Here's the official statment:


1. The official name of the Order is Ordo Franciscanus Sæcularis.

2. Translations of the name of the Order

2.1. The translation of the name of the Order is already made in the four official languages, and these are the ones to be used in these languages, namely in Italian, in English, in Spanish and in French.

2.2. The name can be translated into local languages only when the literal translation from Latin is easily understandable even by the civil society and does not change its meaning or substance.

2.3. When the translation into the national language distorts the meaning of the name, or is linguistically impossible to transfer the genuine meaning, Ordo Franciscanus Sæcularis must always be used, which can be followed by expressions to clarify and make more understandable the nature of the Secular Franciscan Order to everyone in the local language.

3. The acronym

The acronym which refers to the name Ordo Franciscanus Sæcularis is OFS and is always to be used regardless of the language. For example, when Secular Franciscans use the acronym after their name, they must use “OFS”.

Encarnación del Pozo, OFS
General Minister

(Good thing I didn't order those new checks yet!)

Pax et bonum

Sunday, January 22, 2012

at Planned Parenthood

at Planned Parenthood
a sign for people they strive
to eliminate

While praying outside Planned Parenthood yesterday, I witnessed somthing happen twice that got me thinking.

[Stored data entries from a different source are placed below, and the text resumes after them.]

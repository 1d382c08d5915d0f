// The descriptors that count at a node.
ghost use Rattle.std.specs.Prelude.{◌≡◌};
ghost use Rattle.cip_aux.specs.Views.{sight_of};

use crate::whole_digraph::WholeDigraph;
use cip_digraph::{Descriptors, Nodes};
use std::marker::Model;

/// A node of a whole digraph, and the descriptors of the nodes strictly below it. Those of others don't count.
#[derive(Drop)]
pub struct InnerContext<'a, N: Nodes> {
    whole: &'a WholeDigraph<'a, N>,
    from: u32,
    descriptors: &'a Descriptors,
}

impl<'a, N: Nodes> Model for InnerContext<'a, N> {
    ghost use Rattle.cip_aux.specs.InnerContext.{InnerContext as AnyInner};
    ghost use Rattle.cip_aux.specs.Views.{sight_of};

    ghost Value = { AnyInner };

    ghost view = { λ inner. record {
      sight = sight_of inner.whole.now;
      from = inner.from;
      descriptors = inner.descriptors.now.descriptors;
    } };
}

impl<'a, N: Nodes> InnerContext<'a, N> {
    /// The descriptors below a node.
    pub fn new(
        whole: &'a WholeDigraph<'a, N>,
        from: u32,
        descriptors: &'a Descriptors,
    ) -> InnerContext<'a, N>
        ensures { result ≡ record { sight = sight_of whole.now; from = from; descriptors = descriptors.now.descriptors } }
    {
        InnerContext {
            whole,
            from,
            descriptors,
        }
    }

    /// The digraph.
    pub fn whole(&self) -> &WholeDigraph<'a, N>
        ensures { sight_of result.now ≡ self.now.sight }
    {
        self.whole
    }

    /// The node.
    pub fn from(&self) -> u32
        ensures { result ≡ self.now.from }
    {
        self.from
    }

    /// The descriptors by number.
    pub fn descriptors(&self) -> &Descriptors
        ensures { result.now.descriptors ≡ self.now.descriptors }
    {
        self.descriptors
    }
}
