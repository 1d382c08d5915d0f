// A case, run over memory.
ghost use Rattle.std.specs.Prelude.{◌<◌};

use crate::case::Case;
use crate::threads::watched::Watched;
use cip_io::{MemSink, MemSource};
use cip_run::{Limits, Open, run_limits};
use std::alloc::{AllocError, Global};
use std::thread::Threads;

/// What a run left, and whether a call on the sink or the diagnostics failed.
#[derive(Drop)]
pub struct Outcome {
    pub status: u8,
    pub written: Vec<u8>,
    pub said: Vec<u8>,
    pub has_failed: bool,
}

/// Runs a case over this input. A number of the table that is too large is cut.
pub fn run_case<R: Threads + Sync>(
    rt: &R,
    alloc: Global,
    case: &Case<'_>,
    input: Vec<u8>,
) -> Result<Outcome, AllocError> {
    let limits = Limits {
        record: case.limits.record.min(1 << 30),
        input: case.limits.input.min(1 << 62),
    };
    let room = input.len().min(1 << 30) * 2 + 65_536;
    let words = words_of(alloc, case.words)?;
    let mut source = MemSource::new(
        input,
        piece_of(case.pull_piece),
        vec![in alloc; case.failing_pull]?,
    );
    let mut sink = sink_of(alloc, case.push_piece, room, case.failing_push)?;
    let mut diag = sink_of(alloc, case.note_piece, 100, case.failing_note)?;
    let status = run_limits(
        rt,
        alloc,
        &words,
        limits,
        &Open,
        &mut source,
        &mut sink,
        &mut diag,
    );
    Ok(Outcome {
        status,
        written: sink.sink.into_bytes(),
        said: diag.sink.into_bytes(),
        has_failed: sink.has_failed || diag.has_failed,
    })
}

fn sink_of(
    alloc: Global,
    piece: u64,
    room: usize,
    failing: u64,
) -> Result<Watched<MemSink>, AllocError> {
    let sink = MemSink::with_room(alloc, piece_of(piece), room, vec![in alloc; failing]?)?;
    Ok(Watched {
        sink,
        has_failed: false,
    })
}

fn piece_of(number: u64) -> usize
    ensures { 0 < result }
{
    number.clamp(1, 1 << 20) as usize
}

fn words_of(alloc: Global, text: &str) -> Result<Vec<String>, AllocError> {
    let mut words = Vec::new(alloc);
    for word in text.split_whitespace() {
        words.push(String::from_str(alloc, word)?)?;
    }
    Ok(words)
}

A woman drove into the small parking lot and pulled into a spot reserved for those with some handicap or disability. She immediately backed out of the spot and went to another, more distant parking area that serves the building housing Planned Parenthood. She then walked into Planned Parenthood's office.

A few moments later, the exact same thing happened again.

It occurred to me that those two women - I don't know if they were staff, volunteers, or victims of Planned Parenthood - were so scrupulous about heeding the parking laws when it comes to those with disabilities and handicaps, yet they were going into the office of an organization that supports the right of women to abort babies who show any indications they might have some handicap or disability.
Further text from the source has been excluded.